FairyGen – An AI-powered animation and storytelling video generation framework, delivering consistent style and coherent narratives

What is FairyGen？

FairyGen is an animated story video generation framework developed by the Greater Bay Area University. It enables users to generate narrative-rich and stylistically consistent animated videos starting from a single hand-drawn character sketch. Powered by multimodal large language models (MLLMs) for story planning, FairyGen uses a style propagation adapter to apply the visual style of the character to the background, a 3D Agent to reconstruct the character and generate realistic motion sequences, and a two-stage motion adapter to enhance animation coherence and naturalness.
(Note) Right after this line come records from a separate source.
// The mentions in the data of a good zone, counted. The check has read its codes, so they are stepped over by their first bytes.
#![tactic(auto)]

ghost use Rattle.std.specs.Prelude.{◌≡◌, ◌+◌, ◌-◌, ◌*◌, ◌≤◌, ◌<◌, length, get_or};
ghost use Rattle.use_order.specs.Order.{mention_all};
ghost use Rattle.mention_runs.specs.Run.{Room};
ghost use Rattle.counted_zones.specs.Steps.{count_end, moment_end, sum_end, number_at, number_end, list_names, list_end, tail_names, tail_end, body_names, body_end, zone_names, zone_end};
ghost use Rattle.counted_zones.specs.Going.{mention_times, Going, IsFive, IsTick, Pairs, NameCounted};

// The place behind a count.
fn count_end(s: &[u8], at: usize) -> usize
    requires { count_end s.now at ≤ length s.now }
    ensures { result ≡ count_end s.now at }
{
    if s[at] < 128 {
        return at + 1;
    }
    if s[at + 1] < 128 {
        return at + 2;
    }
    if s[at + 2] < 128 {
        return at + 3;
    }
    if s[at + 3] < 128 {
        return at + 4;
    }
    at + 5
}

// The place behind a transition.
fn moment_end(s: &[u8], at: usize) -> usize
    requires { moment_end s.now at ≤ length s.now }
    ensures { result ≡ moment_end s.now at }
{
    if s[at] == 2 {
        return at + 9;
    }
    count_end(s, at)
}

// The place behind an offset.
fn sum_end(s: &[u8], at: usize) -> usize
    requires { sum_end s.now at ≤ length s.now }
    ensures { result ≡ sum_end s.now at }
{
    let b = s[at];
    if b < 128 {
        return at + 1;
    }
    if b < 192 {
        if b < 160 {
            return at + 2;
        }
        return at + 3;
    }
    at + 4
}

// A count of one or two bytes.
fn number_at(s: &[u8], at: usize) -> u64
    requires { number_end s.now at ≤ length s.now }
    ensures { result ≡ number_at s.now at }
{
    let b = s[at] as u64;
    if b < 128 {
        return b;
    }
    b % 128 + 128 * (s[at + 1] as u64)
}

// The place behind it.
fn number_end(s: &[u8], at: usize) -> usize
    requires { number_end s.now at ≤ length s.now }
    ensures { result ≡ number_end s.now at }
{
    if s[at] < 128 {
        return at + 1;
    }
    at + 2
}

// Counts the name at a place; the place behind it.
fn count_name(s: &[u8], at: usize, uses: &mut [u32]) -> usize
    requires { (number_end s.now at ≤ length s.now) × Room uses.old (length s.now - at) }
    ensures { NameCounted s.now at uses.old result uses.new }
{
    let k = number_at(s, at);
    mention_runs::mention(uses, k as usize);
    number_end(s, at)
}

// The number of four bytes, low first.
fn four(a: u8, b: u8, c: u8, d: u8) -> u32
    ensures { result ≡ a + 256 * b + 65536 * c + 16777216 * d }
{
    a as u32 + 256 * (b as u32) + 65536 * (c as u32) + 16777216 * (d as u32)
}

// Whether an interval of five bytes with the name k stands at a place: the top bits of four bytes and the name are told by one test.
fn is_five(s: &[u8], at: usize, k: u32) -> bool
    requires { (at + 5 ≤ length s.now) × (k < 128) }
    ensures { IsFive s.now at k result }
{
    if s[at] < 128 {
        return false;
    }
    let x = four(s[at + 1], s[at + 2], s[at + 3], s[at + 4]);
    x & 2155937664 == 256 * k
}

// How many pairs of intervals of five bytes with the names j and k stand from a place on, at most n.
fn pairs(s: &[u8], at: usize, j: u32, k: u32, n: u64) -> u64
    requires { (at + 10 * n ≤ length s.now) × (j < 128) × (k < 128) }
    ensures { Pairs s.now at j k result × (result ≤ n) }
{
    let mut place = at;
    let mut left = n;
    while 0 < left {
        if !is_five(s, place, j) {
            break;
        }
        if !is_five(s, place + 5, k) {
            break;
        }
        place += 10;
        left -= 1;
    }
    n - left
}

// n uses more of k.
fn mention_times(uses: &mut [u32], k: usize, n: u32)
    requires { get_or uses.old k 0 + n ≤ 4294967295 }
    ensures { uses.new ≡ mention_times k n uses.old }
{
    if k < uses.len() {
        uses[k] = uses[k] + n;
    }
}

// How many pairs there may be among so many intervals in so many bytes.
fn fitting(n: u64, room: usize) -> u64
    ensures { (2 * result ≤ n) × (10 * result ≤ room) }
{
    let k = (room / 10) as u64;
    if n / 2 < k {
        return n / 2;
    }
    k
}

// Before so many intervals.
#[derive(Clone, Copy)]
pub struct Rows {
    pub place: usize,
    pub left: u64,
}

// Counts the names of pairs of intervals of five bytes, the second with the name j, as long as such follow.
fn count_pairs(s: &[u8], at: usize, j: u32, left: u64, uses: &mut [u32]) -> Rows
    requires { (list_end s.now at left ≤ length s.now) × Room uses.old (length s.now - at) × (j < 128) }
    ensures { Going s.now (mention_all (list_names s.now at left) uses.old) (list_end s.now at left) (length uses.old) result.place result.left uses.new × (result.left ≤ left) }
{
    let n = fitting(left, s.len() - at);
    if n == 0 {
        return Rows {
            place: at,
            left: left,
        };
    }
    let k = s[at + 2] as u32;
    if 127 < k {
        return Rows {
            place: at,
            left: left,
        };
    }
    let c = pairs(s, at, k, j, n);
    mention_times(uses, k as usize, c as u32);
    mention_times(uses, j as usize, c as u32);
    Rows {
        place: at + 10 * (c as usize),
        left: left - 2 * c,
    }
}

// Counts the names of intervals of five bytes, as long as such follow.
fn count_fives(s: &[u8], at: usize, left: u64, uses: &mut [u32]) -> Rows
    requires { (list_end s.now at left ≤ length s.now) × Room uses.old (length s.now - at) }
    ensures { Going s.now (mention_all (list_names s.now at left) uses.old) (list_end s.now at left) (length uses.old) result.place result.left uses.new × (result.left ≤ left) }
{
    let mut place = at;
    let mut n = left;
    while 0 < n {
        if s.len() - place < 5 {
            break;
        }
        let j = s[place + 2] as u32;
        if 127 < j {
            break;
        }
        if !is_five(s, place, j) {
            break;
        }
        mention_runs::mention(uses, j as usize);
        let r = count_pairs(s, place + 5, j, n - 1, uses);
        place = r.place;
        n = r.left;
    }
    Rows {
        place: place,
        left: n,
    }
}

// Whether an interval in ticks stands at a place, with a byte each for name and offsets.
fn is_tick(s: &[u8], at: usize) -> bool
    requires { at + 12 ≤ length s.now }
    ensures { IsTick s.now at result }
{
    if s[at] != 2 {
        return false;
    }
    if 127 < s[at + 9] {
        return false;
    }
    if 127 < s[at + 10] {
        return false;
    }
    s[at + 11] < 128
}

// Counts the names of intervals in ticks whose name and offsets take a byte each, as long as such follow.
fn count_ticks(s: &[u8], at: usize, left: u64, uses: &mut [u32]) -> Rows
    requires { (list_end s.now at left ≤ length s.now) × Room uses.old (length s.now - at) }
    ensures { Going s.now (mention_all (list_names s.now at left) uses.old) (list_end s.now at left) (length uses.old) result.place result.left uses.new × (result.left ≤ left) }
{
    let mut place = at;
    let mut n = left;
    while 0 < n {
        if s.len() - place < 12 {
            break;
        }
        if !is_tick(s, place) {
            break;
        }
        mention_runs::mention(uses, s[place + 9] as usize);
        place += 12;
        n -= 1;
    }
    Rows {
        place: place,
        left: n,
    }
}

// Counts the name of an interval; the place behind its savings.
fn count_interval(s: &[u8], at: usize, uses: &mut [u32]) -> usize
    requires { (list_end s.now at 1 ≤ length s.now) × Room uses.old (length s.now - at) }
    ensures { (result ≡ list_end s.now at 1) × (uses.new ≡ mention_all (list_names s.now at 1) uses.old) }
{
    let m = moment_end(s, at);
    let p = count_name(s, m, uses);
    let q = sum_end(s, p);
    sum_end(s, q)
}

// Counts the names of so many intervals; the place behind them.
fn count_intervals(s: &[u8], at: usize, left: u64, uses: &mut [u32]) -> usize
    requires { (list_end s.now at left ≤ length s.now) × Room uses.old (length s.now - at) }
    ensures { (result ≡ list_end s.now at left) × (uses.new ≡ mention_all (list_names s.now at left) uses.old) }
{
    let mut place = at;
    let mut n = left;
    loop {
        let f = count_fives(s, place, n, uses);
        let r = count_ticks(s, f.place, f.left, uses);
        place = r.place;
        n = r.left;
        if n == 0 {
            return place;
        }
        place = count_interval(s, place, uses);
        n -= 1;
    }
}

// Counts the names of a tail, from the tail byte on.
fn count_tail(s: &[u8], at: usize, uses: &mut [u32])
    requires { (tail_end s.now at ≤ length s.now) × Room uses.old (length s.now - at) }
    ensures { uses.new ≡ mention_all (tail_names s.now at) uses.old }
{
    if s[at] != 1 {
        return;
    }
    let n = sum_end(s, at + 1);
    let p = count_name(s, n, uses);
    let month = count_end(s, p + 1);
    let day = count_end(s, month);
    let time = sum_end(s, day);
    count_name(s, time, uses);
}

// Counts the names behind a zone's ID.
fn count_body(s: &[u8], at: usize, uses: &mut [u32])
    requires { (body_end s.now at ≤ length s.now) × Room uses.old (length s.now - at) }
    ensures { uses.new ≡ mention_all (body_names s.now at) uses.old }
{
    let a = at + 1;
    if s[at] == 1 {
        let e = sum_end(s, a);
        if e < s.len() {
            count_name(s, e, uses);
        }
        return;
    }
    let n = number_at(s, a);
    let from = number_end(s, a);
    let at_end = count_intervals(s, from, n, uses);
    let tail = moment_end(s, at_end);
    count_tail(s, tail, uses);
}

// Counts the names of a good zone, its ID first.
pub fn count_zone(s: &[u8], uses: &mut [u32])
    requires { (zone_end s.now ≤ length s.now) × Room uses.old (length s.now) }
    ensures { uses.new ≡ mention_all (zone_names s.now) uses.old }
{
    let at = count_name(s, 0, uses);
    count_body(s, at, uses);
}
FairyGen excels in style consistency, narrative fluency, and motion quality, opening up new possibilities for personalized animation creation.

Key Features of FairyGen

Animated Story Video Generation: Generates animated story videos with coherent narratives and consistent styles from a single hand-drawn character sketch.
Style Consistency: Uses a style propagation adapter to apply the hand-drawn character’s visual style to the background, ensuring a unified visual aesthetic.
Complex Motion Generation: Employs a 3D Agent to reconstruct characters and generate physically realistic motion sequences, supporting complex and natural movement.
Narrative Coherence: Leverages multimodal large language models (MLLMs) for story planning, generating structured storyboards to maintain logical narrative flow throughout the video.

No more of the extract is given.